The z-basis eigenfunctions are:
\[ \begin{matrix} Sz_{up} = \begin{pmatrix} 1 \\ 0 \end{pmatrix} & Sz_{down} = \begin{pmatrix} 0 \\ 1 \end{pmatrix} \end{matrix} \nonumber \]
The x- and y-direction spin operators in the z-basis are the Pauli matrices:
\[ \begin{matrix} \sigma_x = \begin{pmatrix} 0 & 1 \\ 1 & 0 \end{pmatrix} & \sigma_y = \begin{pmatrix} 0 & -i \\ i & 0 \end{pmatrix} \end{matrix} \nonumber \]
The initial entangled spin state for the three spin-1/2 particles in tensor notation is:
\[ \begin{matrix} | \Psi \rangle = \frac{1}{ \sqrt{2}} \left[ \begin{pmatrix} 1 \\ 0 \end{pmatrix} \otimes \begin{pmatrix} 1 \\ 0 \end{pmatrix} \otimes \begin{pmatrix} 1 \\ 0 \end{pmatrix} - \begin{pmatrix} 0 \\ 1 \end{pmatrix} \otimes \begin{pmatrix} 0 \\ 1 \end{pmatrix} \otimes \begin{pmatrix} 0 \\ 1 \end{pmatrix} \right] = \frac{1}{ \sqrt{2}} \begin{pmatrix} 1 \\ 0 \\ 0 \\ 0 \\ 0 \\ 0 \\ 0 \\ -1 \end{pmatrix} & \Psi = \frac{1}{ \sqrt{2}} \begin{pmatrix} 1 \\ 0 \\ 0 \\ 0 \\ 0 \\ 0 \\ 0 \\ -1 \end{pmatrix} \end{matrix} \nonumber \]
The following operators represent the measurements to be carried out on spins 1, 2 and 3, in that order.

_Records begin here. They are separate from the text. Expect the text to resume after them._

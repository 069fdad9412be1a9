// The search for the candidate that comes first among those whose two tracks are free.
ghost use Rattle.std.specs.Prelude.{◌≡◌, ◌+◌, ◌*◌, ◌≤◌, length};
ghost use Rattle.pairing.specs.Keys.{Shape};
ghost use Rattle.pairing.specs.Private.{look_at, search_row, search};

use crate::{Foremost, NOBODY};

// The best so far, and then the pair of first track i with second track j, which comes after it by index.
#[tactic(auto, unfolding(crate::specs::Private::look_at))]
fn look_at(best: &mut Option<Foremost>, key: f64, i: usize, j: usize)
    ensures { best.new ≡ look_at best.old key i j }
{
    let sooner = match best {
        Some(best) => key < best.key,
        None => key == key,
    };
    if sooner {
        *best = Some(Foremost {
            key,
            first: i,
            second: j,
        });
    }
}

// The best so far, and then the pairs of first track i with the free second tracks.
#[tactic(auto, unfolding(crate::specs::Private::search_row, crate::specs::Keys::key_of))]
fn search_row(keys: &[f64], seconds: &[u8], i: usize, best: &mut Option<Foremost>)
    requires { i * length seconds.now + length seconds.now ≤ length keys.now }
    ensures { best.new ≡ search_row keys.now (length seconds.now) seconds.now i (length seconds.now) best.old }
{
    let n = seconds.len();
    for (j, second) in seconds.iter().enumerate() {
        if *second == NOBODY {
            look_at(best, keys[i * n + j], i, j);
        }
    }
}

// The best of the pairs of free tracks.
#[tactic(auto, unfolding(crate::specs::Private::search))]
pub(crate) fn search(keys: &[f64], firsts: &[u8], seconds: &[u8]) -> Option<Foremost>
    requires { Shape keys.now (length firsts.now) (length seconds.now) firsts.now seconds.now }
    ensures { result ≡ search keys.now (length seconds.now) firsts.now seconds.now (length firsts.now) }
{
    let mut best = None;
    for (i, first) in firsts.iter().enumerate() {
        if *first == NOBODY {
            search_row(keys, seconds, i, &mut best);
        }
    }
    best
}
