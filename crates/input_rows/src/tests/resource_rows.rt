use crate::tests::{Place, assert_told_at};
use std::test::Fail;

/// What follows the URL in a resource, with what is said of it.
const ROWS: &[(&str, &str)] = &[
    ("", "read"),
    (r#","x":1"#, "X2 @"),
    (r#","x":1,"status":199"#, "X2 @"),
    (r#","status":"200""#, "X2 @/status"),
    (r#","status":199"#, "X6 @/status"),
    (r#","status":200"#, "read"),
    (r#","status":201"#, "read status 201"),
    (r#","status":599"#, "read status 599"),
    (r#","status":600"#, "X6 @/status"),
    (r#","headers":{}"#, "X2 @/headers"),
    (r#","headers":[]"#, "read"),
    (r#","headers":[1]"#, "X2 @/headers/0"),
    (r#","headers":[[]]"#, "X6 @/headers/0"),
    (r#","headers":[["a"]]"#, "X6 @/headers/0"),
    (r#","headers":[["a","b","c"]]"#, "X6 @/headers/0"),
    (r#","headers":[[1,1]]"#, "X2 @/headers/0/0"),
    (r#","headers":[["a",1]]"#, "X2 @/headers/0/1"),
    (r#","headers":[["Bad Name",1]]"#, "X5 @/headers/0/0"),
    (r#","headers":[["a:","x"]]"#, "X5 @/headers/0/0"),
    (r#","headers":[["\u00e9","x"]]"#, "X5 @/headers/0/0"),
    (r#","headers":[["","x"]]"#, "X5 @/headers/0/0"),
    (
        r#","headers":[["a","b"],["a","\u00e9"]]"#,
        "X5 @/headers/1/1",
    ),
    (r#","headers":[["a","x\u000ay"]]"#, "X5 @/headers/0/1"),
    (r#","headers":[["a","x\u007f"]]"#, "X5 @/headers/0/1"),
    (r#","headers":[["a","\u000bx"]]"#, "X5 @/headers/0/1"),
    (r#","headers":[["a","\u001fx"]]"#, "X5 @/headers/0/1"),
    (
        r#","headers":[["a"," x\ty \t"],["B~",""],["a"," "]]"#,
        "read header a (x\ty) header a () header b~ ()",
    ),
    (
        r#","headers":[["Content-Type"," text/html\t"],["x","2"],["X","1"]]"#,
        "read header content-type (text/html) header x (2) header x (1)",
    ),
    (
        r#","headers":[["Cross-Origin-Resource-Policy","\t same-site \t"]]"#,
        "read header cross-origin-resource-policy (same-site)",
    ),
    (r#","body":1"#, "X2 @/body"),
    (r#","body":"""#, "read"),
    (r#","body":"h\u00e9""#, "read body 68c3a9"),
    (r#","body_hex":1"#, "X2 @/body_hex"),
    (r#","body_hex":"""#, "read"),
    (r#","body_hex":"00fF6aAb""#, "read body 00ff6aab"),
    (r#","body_hex":"6""#, "X2 @/body_hex"),
    (r#","body_hex":"6aF""#, "X2 @/body_hex"),
    (r#","body_hex":"6g""#, "X2 @/body_hex"),
    (r#","body_hex":"0x61""#, "X2 @/body_hex"),
    (r#","body":"a","body_hex":"61""#, "X2 @"),
    (r#","body":1,"body_hex":1"#, "X2 @"),
    (r#","status":1,"body":"a","body_hex":"61""#, "X2 @"),
    (r#","body":"abc","cuts":{}"#, "X2 @/cuts"),
    (r#","body":"abc","cuts":["1"]"#, "X2 @/cuts/0"),
    (r#","body":"abc","cuts":[1.0]"#, "X2 @/cuts/0"),
    (
        r#","body":"abc","cuts":[1,2]"#,
        "read body 616263 cut 1 cut 2",
    ),
    (r#","body":"abc","cuts":[0]"#, "X6 @/cuts/0"),
    (r#","body":"abc","cuts":[3]"#, "X6 @/cuts/0"),
    (r#","body":"abc","cuts":[4294967297]"#, "X6 @/cuts/0"),
    (r#","body":"abc","cuts":[1,1]"#, "X6 @/cuts/1"),
    (r#","body":"abc","cuts":[2,1]"#, "X6 @/cuts/1"),
    (r#","body":"abc","cuts":[2,1,"x"]"#, "X6 @/cuts/1"),
    (
        r#","body_hex":"616263","cuts":[2]"#,
        "read body 616263 cut 2",
    ),
    (r#","body":"\u00e9","cuts":[1]"#, "read body c3a9 cut 1"),
    (r#","cuts":[1]"#, "X6 @/cuts/0"),
    (r#","cuts":[]"#, "read"),
    (r#","body":"abc","fail_after":"1""#, "X2 @/fail_after"),
    (
        r#","body":"abc","fail_after":0"#,
        "read body 616263 fail_after 0",
    ),
    (
        r#","body":"abc","fail_after":3"#,
        "read body 616263 fail_after 3",
    ),
    (
        r#","body":"abc","cuts":[1,2],"fail_after":1"#,
        "read body 616263 cut 1 cut 2 fail_after 1",
    ),
    (r#","body":"abc","fail_after":4"#, "X6 @/fail_after"),
    (r#","fail_after":0"#, "read fail_after 0"),
    (r#","fail_after":1"#, "X6 @/fail_after"),
    (r#","actions":{}"#, "X2 @/actions"),
    (r#","actions":[1]"#, "X2 @/actions/0"),
    (r#","actions":[]"#, "read"),
    (
        r#","actions":[{"do":"wait"},{"do":"crash"}]"#,
        "read do wait do crash",
    ),
    // Two faults: the one is told that comes first in the table.
    (r#","headers":1,"status":1"#, "X6 @/status"),
    (r#","body":1,"headers":[["a"]]"#, "X6 @/headers/0"),
    (r#","cuts":1,"body":1"#, "X2 @/body"),
    (r#","cuts":1,"body_hex":"6""#, "X2 @/body_hex"),
    (r#","fail_after":1,"cuts":[1]"#, "X6 @/cuts/0"),
    (r#","actions":1,"fail_after":1"#, "X6 @/fail_after"),
    (r#","actions":[{"do":"fly"},1]"#, "X2 @/actions/0/do"),
];

/// Resources of a script, with what is said of the script.
const URLS: &[(&str, &str)] = &[
    (r#"{}"#, "X2 @/0/url"),
    (r#"{"x":1}"#, "X2 @/0/url"),
    (r#"{"status":1}"#, "X2 @/0/url"),
    (r#"{"url":1}"#, "X2 @/0/url"),
    (r#"{"url":"no"}"#, "X3 @/0/url"),
    (r#"{"url":"about:srcdoc"}"#, "X3 @/0/url"),
    (r#"{"url":"ftp://a.com/"}"#, "X3 @/0/url"),
    (r#"{"url":"no","status":1}"#, "X3 @/0/url"),
    (r#"{"url":"no","body":"","body_hex":""}"#, "X2 @/0"),
    (
        r#"{"url":"about:blank"},{"url":"data:,x"},{"url":"HTTP://A.com:80#y"}"#,
        "read resource about:blank resource data:,x resource http://a.com/#y",
    ),
    (
        r#"{"url":"https://a.com/"},{"url":"https://a.com/?"},{"url":"https://a.com/x"}"#,
        "read resource https://a.com/ resource https://a.com/? resource https://a.com/x",
    ),
    (
        r#"{"url":"https://a.com/"},{"url":"https://a.com/#x"}"#,
        "X7 @/1/url",
    ),
    (
        r#"{"url":"https://a.com/#y"},{"url":"https://A.com:443/#x","status":1}"#,
        "X7 @/1/url",
    ),
    (
        r#"{"url":"https://a.com/"},{"url":"about:blank"},{"url":"about:blank#x"}"#,
        "X7 @/2/url",
    ),
    (
        r#"{"url":"https://a.com/","status":1},{"url":"https://a.com/"}"#,
        "X6 @/0/status",
    ),
];

#[test]
fn a_resource_is_read_or_refused_at_its_first_fault(rt: HostRuntime) -> Result<(), Fail> {
    let behind_url = Place {
        front: r#"{"start":[],"resources":[{"url":"https://a.com/""#,
        back: "}]}",
        path: "/resources/0",
        shown: " resource https://a.com/",
    };
    assert_told_at(&rt, rt.alloc(), &behind_url, ROWS)
}

#[test]
fn resources_have_urls_of_their_own(rt: HostRuntime) -> Result<(), Fail> {
    let resources = Place {
        front: r#"{"start":[],"resources":["#,
        back: "]}",
        path: "/resources",
        shown: "",
    };
    assert_told_at(&rt, rt.alloc(), &resources, URLS)
}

\[ \begin{matrix} \sigma_x^1 \otimes \sigma_y^2 \otimes \sigma_y^3 & \sigma_y^1 \otimes \sigma_x^2 \otimes \sigma_y^3 & \sigma_y^1 \otimes \sigma_y^2 \otimes \sigma_x^3 & \sigma_x^1 \otimes \sigma_x^2 \otimes \sigma_x^3 \end{matrix} \nonumber \]
The matrix tensor product is also known as the Kronecker product, which is available in Mathcad. The four operators in tensor format are formed as follows.
\[ \begin{matrix} \sigma_{xyy} = \text{kronecker}( \sigma_x,~ \text{kronecker}( \sigma_y,~ \sigma_y)) & \sigma_{yxy} = \text{kronecker}( \sigma_y,~ \text{kronecker}( \sigma_x,~ \sigma_y)) \\ \sigma_{yyx} = \text{kronecker}( \sigma_y,~ \text{kronecker}( \sigma_y,~ \sigma_x)) & \sigma_{xxx} = \text{kronecker}( \sigma_x,~ \text{kronecker}( \sigma_x,~ \sigma_x)) \end{matrix} \nonumber \]
The expectation values of the operators are now calculated.
\[ \begin{matrix} \Psi^T \sigma_{xyy} \Psi = 1 & \Psi^T \sigma_{yxy} \Psi = 1 & \Psi^T \sigma_{yyx} \Psi = 1 & \Psi^T \sigma_{xxx} \Psi = -1 \end{matrix} \nonumber \]
Consequently the product of the four operators has the expectation value of -1.
\[ \Psi^T \sigma_{xyy} \sigma_{yxy} \sigma_{yyx} \sigma_{xxx} \Psi = -1 \nonumber \]
Local realism assumes that objects have definite properties independent of measurement. In this example it assumes that the x- and y-components of the spin have definite values prior to measurement. This position leads to a contradiction with the above result. The following analysis is taken from "Quantum Information Science" by Seth Lloyd.
Looking again at the measurement operators, notice that there is a σx measurement on the first spin in the first and fourth experiment. If the spin state is well-defined before measurement those results have to be the same, either both +1 or both -1, so that the product of the two measurements is +1.
\[ \begin{matrix} \sigma_x^1 \otimes \sigma_y^2 \otimes \sigma_y^3 & \sigma_y^1 \otimes \sigma_x^2 \otimes \sigma_y^3 & \sigma_y^1 \otimes \sigma_y^2 \otimes \sigma_x^3 & \sigma_x^1 \otimes \sigma_x^2 \otimes \sigma_x^3\end{matrix} \nonumber \]
Likewise there is a σy measurement on the second spin in experiments one and three. By similar arguments those results will lead to a product of +1 also. Continuing with all the pairs in the total operator using local realistic reasoning unambiguously shows that its expectation value should be +1, in sharp disagreement with the quantum mechanical result of -1.